◆ Collected data entries:
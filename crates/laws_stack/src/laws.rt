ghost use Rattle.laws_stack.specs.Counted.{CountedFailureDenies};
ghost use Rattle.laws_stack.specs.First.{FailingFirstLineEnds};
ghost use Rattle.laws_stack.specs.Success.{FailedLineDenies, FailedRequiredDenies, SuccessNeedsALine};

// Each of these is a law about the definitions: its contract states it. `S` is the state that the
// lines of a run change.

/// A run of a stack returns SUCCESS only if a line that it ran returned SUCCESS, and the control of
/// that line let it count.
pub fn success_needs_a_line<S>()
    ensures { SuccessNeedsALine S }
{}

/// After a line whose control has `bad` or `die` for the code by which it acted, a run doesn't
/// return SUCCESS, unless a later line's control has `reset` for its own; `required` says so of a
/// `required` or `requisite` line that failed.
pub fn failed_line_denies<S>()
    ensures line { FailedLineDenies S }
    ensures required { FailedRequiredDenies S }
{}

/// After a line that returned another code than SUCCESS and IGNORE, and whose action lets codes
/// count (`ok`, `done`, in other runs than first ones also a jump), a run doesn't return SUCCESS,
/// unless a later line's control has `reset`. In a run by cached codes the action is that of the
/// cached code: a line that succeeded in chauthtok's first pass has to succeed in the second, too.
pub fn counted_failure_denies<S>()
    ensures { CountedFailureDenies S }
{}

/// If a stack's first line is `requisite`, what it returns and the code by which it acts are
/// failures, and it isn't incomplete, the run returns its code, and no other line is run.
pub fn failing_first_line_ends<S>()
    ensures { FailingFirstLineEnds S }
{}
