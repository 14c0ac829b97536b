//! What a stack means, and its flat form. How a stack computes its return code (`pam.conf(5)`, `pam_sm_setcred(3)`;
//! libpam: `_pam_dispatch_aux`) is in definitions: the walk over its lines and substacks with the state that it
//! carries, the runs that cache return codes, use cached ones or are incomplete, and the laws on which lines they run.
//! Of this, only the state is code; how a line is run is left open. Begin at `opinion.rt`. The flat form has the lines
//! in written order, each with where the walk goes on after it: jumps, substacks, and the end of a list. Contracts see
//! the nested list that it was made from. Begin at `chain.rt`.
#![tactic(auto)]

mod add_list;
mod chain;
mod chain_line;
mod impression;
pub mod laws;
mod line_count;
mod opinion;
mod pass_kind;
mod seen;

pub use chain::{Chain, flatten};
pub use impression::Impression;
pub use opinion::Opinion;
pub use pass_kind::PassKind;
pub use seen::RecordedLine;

* * *

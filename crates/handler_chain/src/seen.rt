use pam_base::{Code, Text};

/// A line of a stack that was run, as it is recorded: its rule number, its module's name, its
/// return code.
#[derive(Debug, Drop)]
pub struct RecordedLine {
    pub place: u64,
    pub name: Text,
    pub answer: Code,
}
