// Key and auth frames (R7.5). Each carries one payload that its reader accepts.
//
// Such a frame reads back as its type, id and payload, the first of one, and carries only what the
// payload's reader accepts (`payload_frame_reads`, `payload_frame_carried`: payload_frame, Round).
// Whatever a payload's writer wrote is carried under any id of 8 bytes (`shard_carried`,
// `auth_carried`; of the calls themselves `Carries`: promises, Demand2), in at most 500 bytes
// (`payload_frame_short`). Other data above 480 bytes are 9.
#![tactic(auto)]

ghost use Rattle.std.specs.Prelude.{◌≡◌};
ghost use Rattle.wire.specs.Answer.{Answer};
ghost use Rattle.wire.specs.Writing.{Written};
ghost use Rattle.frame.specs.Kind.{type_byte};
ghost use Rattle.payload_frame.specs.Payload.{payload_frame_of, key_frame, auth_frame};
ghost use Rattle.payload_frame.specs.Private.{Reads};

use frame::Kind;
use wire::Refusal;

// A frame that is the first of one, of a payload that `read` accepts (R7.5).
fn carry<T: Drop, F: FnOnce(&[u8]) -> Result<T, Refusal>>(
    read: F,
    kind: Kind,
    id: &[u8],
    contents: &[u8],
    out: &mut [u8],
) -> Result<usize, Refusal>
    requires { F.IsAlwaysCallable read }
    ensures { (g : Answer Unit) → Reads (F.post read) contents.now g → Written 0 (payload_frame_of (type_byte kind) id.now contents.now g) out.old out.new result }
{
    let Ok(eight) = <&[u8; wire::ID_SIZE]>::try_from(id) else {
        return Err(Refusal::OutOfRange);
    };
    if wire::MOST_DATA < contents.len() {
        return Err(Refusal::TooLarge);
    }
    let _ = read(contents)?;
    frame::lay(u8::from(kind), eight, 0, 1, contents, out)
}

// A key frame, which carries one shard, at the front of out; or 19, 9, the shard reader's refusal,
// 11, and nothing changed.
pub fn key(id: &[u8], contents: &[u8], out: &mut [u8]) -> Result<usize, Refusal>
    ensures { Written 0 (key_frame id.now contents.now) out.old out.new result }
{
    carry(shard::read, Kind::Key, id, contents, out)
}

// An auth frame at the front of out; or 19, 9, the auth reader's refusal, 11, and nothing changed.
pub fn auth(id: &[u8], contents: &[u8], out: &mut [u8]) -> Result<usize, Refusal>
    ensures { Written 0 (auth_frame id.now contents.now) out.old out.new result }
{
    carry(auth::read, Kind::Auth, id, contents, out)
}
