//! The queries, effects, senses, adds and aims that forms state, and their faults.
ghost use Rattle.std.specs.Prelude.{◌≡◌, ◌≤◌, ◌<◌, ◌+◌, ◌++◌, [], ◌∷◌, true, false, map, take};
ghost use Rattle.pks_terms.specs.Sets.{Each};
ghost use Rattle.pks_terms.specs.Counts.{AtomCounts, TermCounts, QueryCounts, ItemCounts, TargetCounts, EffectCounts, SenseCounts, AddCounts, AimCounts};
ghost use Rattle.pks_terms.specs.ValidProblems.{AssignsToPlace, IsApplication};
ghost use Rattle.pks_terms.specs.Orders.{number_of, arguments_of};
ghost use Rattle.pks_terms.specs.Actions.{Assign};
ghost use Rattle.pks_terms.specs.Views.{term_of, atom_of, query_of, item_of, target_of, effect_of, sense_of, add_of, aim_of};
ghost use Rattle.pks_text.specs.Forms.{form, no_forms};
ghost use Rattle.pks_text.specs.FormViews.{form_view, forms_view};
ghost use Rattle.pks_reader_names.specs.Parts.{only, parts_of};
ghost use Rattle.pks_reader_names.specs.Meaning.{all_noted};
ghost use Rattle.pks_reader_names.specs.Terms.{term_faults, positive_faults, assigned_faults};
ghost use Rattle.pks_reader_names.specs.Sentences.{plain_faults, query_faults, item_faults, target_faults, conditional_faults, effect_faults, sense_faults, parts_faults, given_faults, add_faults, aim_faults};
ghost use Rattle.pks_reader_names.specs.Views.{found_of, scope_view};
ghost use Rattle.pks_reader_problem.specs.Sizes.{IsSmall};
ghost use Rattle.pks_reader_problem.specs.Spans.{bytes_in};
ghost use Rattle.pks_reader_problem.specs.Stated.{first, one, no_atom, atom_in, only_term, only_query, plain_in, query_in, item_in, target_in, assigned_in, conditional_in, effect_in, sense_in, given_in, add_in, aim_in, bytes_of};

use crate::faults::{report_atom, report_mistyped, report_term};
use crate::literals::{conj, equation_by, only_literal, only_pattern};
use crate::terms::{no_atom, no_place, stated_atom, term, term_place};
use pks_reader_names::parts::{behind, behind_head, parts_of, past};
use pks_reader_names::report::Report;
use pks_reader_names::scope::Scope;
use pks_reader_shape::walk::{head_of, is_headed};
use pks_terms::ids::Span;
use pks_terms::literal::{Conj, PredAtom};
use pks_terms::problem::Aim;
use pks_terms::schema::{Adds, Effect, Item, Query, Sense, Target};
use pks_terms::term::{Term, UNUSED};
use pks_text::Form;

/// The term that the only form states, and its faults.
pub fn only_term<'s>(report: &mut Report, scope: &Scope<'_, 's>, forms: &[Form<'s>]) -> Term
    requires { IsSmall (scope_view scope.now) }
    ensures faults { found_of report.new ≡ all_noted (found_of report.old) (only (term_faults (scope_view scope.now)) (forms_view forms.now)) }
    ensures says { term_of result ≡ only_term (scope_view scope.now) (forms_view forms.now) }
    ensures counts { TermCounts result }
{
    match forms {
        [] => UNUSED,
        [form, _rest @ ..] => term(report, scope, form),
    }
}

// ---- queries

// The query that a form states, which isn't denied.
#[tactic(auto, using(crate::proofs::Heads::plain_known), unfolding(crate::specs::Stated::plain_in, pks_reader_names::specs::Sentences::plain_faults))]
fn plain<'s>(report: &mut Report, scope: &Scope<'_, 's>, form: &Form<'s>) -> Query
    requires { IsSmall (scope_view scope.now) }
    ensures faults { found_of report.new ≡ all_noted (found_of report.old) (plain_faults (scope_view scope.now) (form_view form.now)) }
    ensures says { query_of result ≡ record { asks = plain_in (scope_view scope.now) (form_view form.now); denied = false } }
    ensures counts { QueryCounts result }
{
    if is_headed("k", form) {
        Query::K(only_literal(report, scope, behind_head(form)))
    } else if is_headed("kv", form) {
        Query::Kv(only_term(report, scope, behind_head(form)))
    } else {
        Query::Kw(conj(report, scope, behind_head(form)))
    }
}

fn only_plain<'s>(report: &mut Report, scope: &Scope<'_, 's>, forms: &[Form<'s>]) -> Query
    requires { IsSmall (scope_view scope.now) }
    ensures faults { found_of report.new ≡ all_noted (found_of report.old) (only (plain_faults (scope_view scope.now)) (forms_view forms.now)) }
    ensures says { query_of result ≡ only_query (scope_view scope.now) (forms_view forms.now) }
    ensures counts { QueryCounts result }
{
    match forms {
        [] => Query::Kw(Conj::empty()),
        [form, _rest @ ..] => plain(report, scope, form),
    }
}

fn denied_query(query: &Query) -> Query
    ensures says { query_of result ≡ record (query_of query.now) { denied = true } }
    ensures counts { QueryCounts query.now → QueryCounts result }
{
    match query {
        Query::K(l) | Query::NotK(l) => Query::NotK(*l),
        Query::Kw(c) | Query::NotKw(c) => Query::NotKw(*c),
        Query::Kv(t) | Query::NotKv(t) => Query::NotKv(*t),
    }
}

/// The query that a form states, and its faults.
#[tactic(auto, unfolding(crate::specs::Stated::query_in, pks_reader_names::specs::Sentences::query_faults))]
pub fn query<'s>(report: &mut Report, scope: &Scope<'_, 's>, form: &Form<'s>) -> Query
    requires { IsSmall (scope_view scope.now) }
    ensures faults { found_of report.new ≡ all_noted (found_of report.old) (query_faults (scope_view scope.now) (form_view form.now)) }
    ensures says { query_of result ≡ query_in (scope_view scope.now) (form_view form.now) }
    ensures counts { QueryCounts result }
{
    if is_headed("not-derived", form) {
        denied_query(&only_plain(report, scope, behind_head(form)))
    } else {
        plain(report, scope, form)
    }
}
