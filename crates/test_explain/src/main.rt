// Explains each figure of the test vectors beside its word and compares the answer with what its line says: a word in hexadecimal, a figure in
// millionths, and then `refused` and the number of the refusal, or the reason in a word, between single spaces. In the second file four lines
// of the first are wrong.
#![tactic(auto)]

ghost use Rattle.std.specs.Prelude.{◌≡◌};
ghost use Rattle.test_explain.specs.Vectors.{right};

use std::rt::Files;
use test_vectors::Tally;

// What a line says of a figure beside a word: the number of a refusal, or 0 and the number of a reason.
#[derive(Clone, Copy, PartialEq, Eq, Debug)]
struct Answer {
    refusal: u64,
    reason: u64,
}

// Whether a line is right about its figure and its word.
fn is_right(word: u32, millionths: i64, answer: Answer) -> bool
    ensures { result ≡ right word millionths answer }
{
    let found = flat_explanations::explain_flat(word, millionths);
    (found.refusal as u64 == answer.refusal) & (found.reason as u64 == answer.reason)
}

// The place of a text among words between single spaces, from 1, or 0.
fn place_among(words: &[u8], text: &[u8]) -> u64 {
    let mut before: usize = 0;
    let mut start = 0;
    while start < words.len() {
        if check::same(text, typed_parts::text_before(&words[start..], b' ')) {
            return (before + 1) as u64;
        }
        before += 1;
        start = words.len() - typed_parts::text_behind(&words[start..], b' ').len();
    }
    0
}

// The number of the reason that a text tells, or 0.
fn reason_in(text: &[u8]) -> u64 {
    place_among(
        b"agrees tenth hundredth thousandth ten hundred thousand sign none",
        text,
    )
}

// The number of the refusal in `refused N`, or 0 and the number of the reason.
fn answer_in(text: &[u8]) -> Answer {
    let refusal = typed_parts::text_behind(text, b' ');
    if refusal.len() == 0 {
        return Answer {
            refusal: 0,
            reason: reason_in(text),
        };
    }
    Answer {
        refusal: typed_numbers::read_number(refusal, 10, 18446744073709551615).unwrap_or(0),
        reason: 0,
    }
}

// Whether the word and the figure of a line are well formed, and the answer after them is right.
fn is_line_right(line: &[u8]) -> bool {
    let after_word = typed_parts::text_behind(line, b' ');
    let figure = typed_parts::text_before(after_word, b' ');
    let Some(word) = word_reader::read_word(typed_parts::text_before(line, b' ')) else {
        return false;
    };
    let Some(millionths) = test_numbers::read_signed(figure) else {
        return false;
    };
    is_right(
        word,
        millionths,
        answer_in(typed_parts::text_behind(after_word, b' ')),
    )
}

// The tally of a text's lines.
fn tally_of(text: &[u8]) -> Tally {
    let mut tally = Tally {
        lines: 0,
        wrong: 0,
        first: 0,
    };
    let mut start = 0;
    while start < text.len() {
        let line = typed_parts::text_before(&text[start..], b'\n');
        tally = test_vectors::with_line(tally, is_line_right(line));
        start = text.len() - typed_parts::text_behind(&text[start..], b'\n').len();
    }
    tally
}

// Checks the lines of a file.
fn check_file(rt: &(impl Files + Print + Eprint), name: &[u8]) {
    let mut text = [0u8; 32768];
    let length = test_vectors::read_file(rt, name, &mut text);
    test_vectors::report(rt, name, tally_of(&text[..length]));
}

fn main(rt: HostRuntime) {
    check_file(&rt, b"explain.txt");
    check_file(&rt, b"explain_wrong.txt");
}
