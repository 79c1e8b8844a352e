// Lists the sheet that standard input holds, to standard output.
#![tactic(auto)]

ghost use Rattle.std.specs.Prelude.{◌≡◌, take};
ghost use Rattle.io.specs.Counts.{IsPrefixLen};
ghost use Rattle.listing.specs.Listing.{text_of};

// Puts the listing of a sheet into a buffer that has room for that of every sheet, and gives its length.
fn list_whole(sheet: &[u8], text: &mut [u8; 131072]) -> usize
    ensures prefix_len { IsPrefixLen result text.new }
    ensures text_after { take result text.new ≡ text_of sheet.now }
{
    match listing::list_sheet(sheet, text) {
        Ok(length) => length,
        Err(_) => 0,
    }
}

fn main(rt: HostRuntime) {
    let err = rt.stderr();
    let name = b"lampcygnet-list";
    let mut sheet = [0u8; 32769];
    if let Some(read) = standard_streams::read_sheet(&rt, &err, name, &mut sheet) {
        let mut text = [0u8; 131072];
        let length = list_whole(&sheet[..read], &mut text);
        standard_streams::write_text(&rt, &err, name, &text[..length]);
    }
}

◆ Problem description: Only the lines above from the one with "let Some(millionths) = test_numbers::read_signed(figure)" up to and including the one with "repository 79c1e8b8844a352e" should be repeated, exactly as written.

◆ Response to this exercise:
    let Some(millionths) = test_numbers::read_signed(figure) else {
        return false;
    };
    is_right(
        word,
        millionths,
        answer_in(typed_parts::text_behind(after_word, b' ')),
    )
}

// The tally of a text's lines.
fn tally_of(text: &[u8]) -> Tally {
    let mut tally = Tally {
        lines: 0,
        wrong: 0,
        first: 0,
    };
    let mut start = 0;
    while start < text.len() {
        let line = typed_parts::text_before(&text[start..], b'\n');
        tally = test_vectors::with_line(tally, is_line_right(line));
        start = text.len() - typed_parts::text_behind(&text[start..], b'\n').len();
    }
    tally
}

// Checks the lines of a file.
fn check_file(rt: &(impl Files + Print + Eprint), name: &[u8]) {
    let mut text = [0u8; 32768];
    let length = test_vectors::read_file(rt, name, &mut text);
    test_vectors::report(rt, name, tally_of(&text[..length]));
}

fn main(rt: HostRuntime) {
    check_file(&rt, b"explain.txt");
    check_file(&rt, b"explain_wrong.txt");
}
repository 79c1e8b8844a352e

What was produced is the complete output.